_BRIEF_
Your output should consist of the data, copied exactly.

[Stored data]
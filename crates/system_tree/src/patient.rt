//! Calls that are repeated if a signal interrupts them.

use std::fs::{File, Metadata};
use std::io::{ErrorKind, Seek, Write};
use std::os::unix::fs::fchown;
use std::path::PathBuf;
use std::rt::Files;
use std::{fs, io};

/// How often a call is made at most.
const TURNS: u32 = 1_000;

/// The body of a function that repeats a call if a signal interrupts it.
macro_rules! patiently {
    ($call:expr) => {{
        for _ in 0..TURNS {
            match $call {
                Err(error) if error.kind() == ErrorKind::Interrupted => {}
                done => return done,
            }
        }
        Err(io::Error::from(ErrorKind::Interrupted))
    }};
}

/// The metadata of the file that a path leads to.
pub fn metadata(rt: &HostRuntime, path: &str) -> io::Result<Metadata> {
    patiently!(fs::metadata(rt, path))
}

/// The metadata at a path, which may be a link.
pub fn symlink_metadata(rt: &HostRuntime, path: &str) -> io::Result<Metadata> {
    patiently!(fs::symlink_metadata(rt, path))
}

/// The metadata of an open file.
pub fn open_metadata(file: &File) -> io::Result<Metadata> {
    patiently!(file.metadata())
}

/// The text of a link.
pub fn read_link(rt: &HostRuntime, path: &str) -> io::Result<PathBuf> {
    patiently!(fs::read_link(rt, path))
}

/// The full path of the file that a path leads to, without links.
pub fn canonicalize(rt: &HostRuntime, path: &str) -> io::Result<PathBuf> {
    patiently!(fs::canonicalize(rt, path))
}

/// Opens a folder for its names.
pub fn open_dir(rt: &HostRuntime, path: &str) -> io::Result<<HostRuntime as Files>::Dir> {
    patiently!(rt.open_dir(path))
}

/// Moves to the start of a file.
pub fn rewind(file: &mut File) -> io::Result<()> {
    patiently!(file.rewind())
}

/// Gives a file an owner, if any, and a group.
pub fn give(file: &File, owner: Option<u32>, group: u32) -> io::Result<()> {
    patiently!(fchown(file, owner, Some(group)))
}

/// Renames a file.
pub fn rename(rt: &HostRuntime, from: &str, to: &str) -> io::Result<()> {
    patiently!(fs::rename(rt, from, to))
}

/// Removes a file.
pub fn remove_file(rt: &HostRuntime, path: &str) -> io::Result<()> {
    patiently!(fs::remove_file(rt, path))
}

/// A writer that repeats a write if a signal interrupts it. It tells no bytes.
#[derive(Drop)]
pub struct Patient<W: Drop> {
    writer: W,
}

impl<W: Write + Drop> Patient<W> {
    pub fn new(writer: W) -> Patient<W> {
        Patient { writer }
    }
}

impl<W: Write + Drop> Write for Patient<W> {
    fn write(&mut self, buf: &[u8]) -> io::Result<usize> {
        for _ in 0..TURNS {
            match self.writer.write(buf) {
                Err(error) if error.kind() == ErrorKind::Interrupted => {}
                done => return done,
            }
        }
        Err(io::Error::from(ErrorKind::Interrupted))
    }

    fn flush(&mut self) -> io::Result<()> {
        self.writer.flush()
    }
}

_EXPECTED ANSWER_
filename crates/system_tree/src/patient.rt
//! Calls that are repeated if a signal interrupts them.

use std::fs::{File, Metadata};
use std::io::{ErrorKind, Seek, Write};
use std::os::unix::fs::fchown;
use std::path::PathBuf;
use std::rt::Files;
use std::{fs, io};

/// How often a call is made at most.
const TURNS: u32 = 1_000;

/// The body of a function that repeats a call if a signal interrupts it.
macro_rules! patiently {
    ($call:expr) => {{
        for _ in 0..TURNS {
            match $call {
                Err(error) if error.kind() == ErrorKind::Interrupted => {}
                done => return done,
            }
        }
        Err(io::Error::from(ErrorKind::Interrupted))
    }};
}

/// The metadata of the file that a path leads to.
pub fn metadata(rt: &HostRuntime, path: &str) -> io::Result<Metadata> {
    patiently!(fs::metadata(rt, path))
}

/// The metadata at a path, which may be a link.
pub fn symlink_metadata(rt: &HostRuntime, path: &str) -> io::Result<Metadata> {
    patiently!(fs::symlink_metadata(rt, path))
}

/// The metadata of an open file.
pub fn open_metadata(file: &File) -> io::Result<Metadata> {
    patiently!(file.metadata())
}

/// The text of a link.
pub fn read_link(rt: &HostRuntime, path: &str) -> io::Result<PathBuf> {
    patiently!(fs::read_link(rt, path))
}

/// The full path of the file that a path leads to, without links.
pub fn canonicalize(rt: &HostRuntime, path: &str) -> io::Result<PathBuf> {
    patiently!(fs::canonicalize(rt, path))
}

/// Opens a folder for its names.
pub fn open_dir(rt: &HostRuntime, path: &str) -> io::Result<<HostRuntime as Files>::Dir> {
    patiently!(rt.open_dir(path))
}

/// Moves to the start of a file.
pub fn rewind(file: &mut File) -> io::Result<()> {
    patiently!(file.rewind())
}

/// Gives a file an owner, if any, and a group.
pub fn give(file: &File, owner: Option<u32>, group: u32) -> io::Result<()> {
    patiently!(fchown(file, owner, Some(group)))
}

/// Renames a file.
pub fn rename(rt: &HostRuntime, from: &str, to: &str) -> io::Result<()> {
    patiently!(fs::rename(rt, from, to))
}

/// Removes a file.
pub fn remove_file(rt: &HostRuntime, path: &str) -> io::Result<()> {
    patiently!(fs::remove_file(rt, path))
}

/// A writer that repeats a write if a signal interrupts it. It tells no bytes.
#[derive(Drop)]
pub struct Patient<W: Drop> {
    writer: W,
}

impl<W: Write + Drop> Patient<W> {
    pub fn new(writer: W) -> Patient<W> {
        Patient { writer }
    }
}

impl<W: Write + Drop> Write for Patient<W> {
    fn write(&mut self, buf: &[u8]) -> io::Result<usize> {
        for _ in 0..TURNS {
            match self.writer.write(buf) {
                Err(error) if error.kind() == ErrorKind::Interrupted => {}
                done => return done,
            }
        }
        Err(io::Error::from(ErrorKind::Interrupted))
    }

    fn flush(&mut self) -> io::Result<()> {
        self.writer.flush()
    }
}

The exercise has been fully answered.